Figure 3: A much more advanced infestation, with pines dominant over much of the land, including the rocky shore scarp and the rear of the beach to the right. This situation has developed in just a few decades following the cessation of pastoral farming (Photo: Geoff Walls). Figure 4: An example of wilding pine control on the flanks of Tory Channel. The big old pines have been poisoned standing (Photo: Geoff Walls).
Figure 5: Beneath the dead pines is growing rich regenerating native vegetation, rapidly forming forest. The slow death and decay of the pines favours this process and prevents re-establishment of pines (Photo: Geoff Walls). Figure 6: These photos, taken 18 months apart on Arapawa Island, show the rapid regeneration that takes place underneath stands of poisoned trees. Shady conditions, increased soil moisture and soil nutrients combine to provide an excellent nursery for native plants (Photo: Nick Ledgard/ENSIS).
Figure 7: The contrast between felling and stem injection is evident here. The felled tree has created a large hole in the forest canopy, creating ideal conditions for further pine seedling establishment. By contrast the canopy is undisturbed around the standing tree, thereby minimising the chance of pine seedling establishment.
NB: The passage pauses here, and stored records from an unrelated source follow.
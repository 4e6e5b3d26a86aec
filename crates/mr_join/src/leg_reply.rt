//! The reply of one leg.
ghost use Rattle.std.specs.Prelude.{◌≡◌, ◌↔◌, IsTrue, IfOk};

use mr_text::{Block, Cause};
use std::alloc::AllocError;

/// What a node answers to one leg of a request.
#[derive(Debug, Drop)]
pub enum LegReply {
    /// A get found an item.
    Hit {
        /// The number that was set with the item.
        flags: u32,
        /// The data.
        block: Block,
    },
    /// A get found none.
    Miss,
    /// A set was performed.
    Stored,
    /// A delete found an item.
    Deleted,
    /// A delete found none.
    NotFound,
    /// The leg wasn't performed, or isn't known to be.
    Failed(Cause),
}

impl LegReply {
    /// An equal reply.
    pub fn copy(&self) -> Result<LegReply, AllocError>
        ensures { IfOk result (λ reply. reply ≡ self.now) }
    {
        Ok(match self {
            LegReply::Hit { flags, block } => LegReply::Hit {
                flags: *flags,
                block: block.copy()?,
            },
            LegReply::Miss => LegReply::Miss,
            LegReply::Stored => LegReply::Stored,
            LegReply::Deleted => LegReply::Deleted,
            LegReply::NotFound => LegReply::NotFound,
            LegReply::Failed(cause) => LegReply::Failed(cause.copy()?),
        })
    }

    /// Whether the other reply is equal. It takes no memory.
    pub fn same_as(&self, other: &LegReply) -> bool
        ensures { IsTrue result ↔ (self.now ≡ other.now) }
    {
        match (self, other) {
            (
                LegReply::Hit { flags, block },
                LegReply::Hit {
                    flags: other_flags,
                    block: other_block,
                },
            ) => flags == other_flags && block.same_as(other_block),
            (LegReply::Miss, LegReply::Miss)
            | (LegReply::Stored, LegReply::Stored)
            | (LegReply::Deleted, LegReply::Deleted)
            | (LegReply::NotFound, LegReply::NotFound) => true,
            (LegReply::Failed(cause), LegReply::Failed(other_cause)) => cause.same_as(other_cause),
            _ => false,
        }
    }
}
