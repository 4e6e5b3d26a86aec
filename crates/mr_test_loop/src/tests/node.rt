//! Worked runs of a node's loop with two places for clients.
mod denying;
mod evicting;
mod memory;
mod playing;
mod serving;
mod texts;
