//! What holds of syntax trees: their text, which are well formed, how high they are, and which tokens are their ends.
//!
//! The definitions stand in `specs`; here are the functions and laws that need no height: nodes made of their parts,
//! the first, the last and the key token of an expression, the first tokens of specifiers, initialisers and statements.
//!
//! Entry: `specs/Unit.antt`, and the laws `first_begins`, `last_ends`. Invariant: a view of a tree has all of it.
//! It does not know how trees are read. Above: all that reads, walks or judges trees.
#![tactic(auto)]

mod ends;
mod firsts;
mod laws;
mod lexeme;
mod making;

pub use ends::{first, key, last};
pub use firsts::{first_of_init, first_of_specs, first_of_stmt, first_of_word, token_of_qual};
pub use laws::{first_begins, last_ends, operands_hold_tighter};
pub use lexeme::Lexeme;
pub use making::{
    abs_array, abs_params, abs_pointer, array, call, cast, declaration, enum_word, member, named,
    params, sizeof_type, struct_word,
};
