//! What the definitions of trees say by themselves.

ghost use Rattle.c_tree.specs.Ends.{FirstBegins, LastEnds};
ghost use Rattle.c_tree.specs.Laws.{OperandsHoldTighter};

/// An operator asks of each operand that it hold together at least as tightly as the operator with its operands, and
/// of one of them that it hold tighter (C99, 6.5).
pub fn operands_hold_tighter()
    ensures { OperandsHoldTighter }
{}

/// The tokens of a well formed expression begin with that which is called its first.
pub fn first_begins()
    ensures { FirstBegins }
{}

/// The tokens of a well formed expression end with that which is called its last.
pub fn last_ends()
    ensures { LastEnds }
{}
Figure 8: A typical scene in Outer Queen Charlotte Sound. Mature pines protrude from a well-established manuka-kanuka canopy. The on-going opportunities for conifer establishment on these well-vegetated faces are along coastal margins, road and access tracks, areas of land disturbance and on upper faces where native vegetation cover is lighter. Figure 9: There are many areas of light vegetation cover in the project area, particularly in East Bay. Parea Point (above), which is the western headland of Otanerau Bay, will almost inevitably be transformed into a wilding pine forest over the next 25 years without control, due to the light vegetation cover and presence of adjacent P. radiata stands.
Figure 10: This headland, in Endeavour Inlet, illustrates how pines will eventually dominate exposed rocky margins. In these circumstances, where pines have been left to mature, control is often not feasible as protocols dictate that no treated trees are to fall onto the foreshore. Figure 11: Although Pinus radiata is prevalent in the project area, a stand of Pinus pinaster is also present in Resolution Bay (outlined in red). This species is more rounded and olive-green than P. radiata and therefore doesn t impose itself on the landscape to the same degree, but nevertheless presents the same ecological threats as P. radiata.
This example of landowner-initiated wilding pine control, at Te Ipapakereru Bay, near Patten Passage, is an illustration of what is possible through co-ordinated community action. Without such intervention, there would be a gradual in-fill of wilding pines along the exposed coastal margins and ridgelines, transforming the scenic and ecological fabric of this area.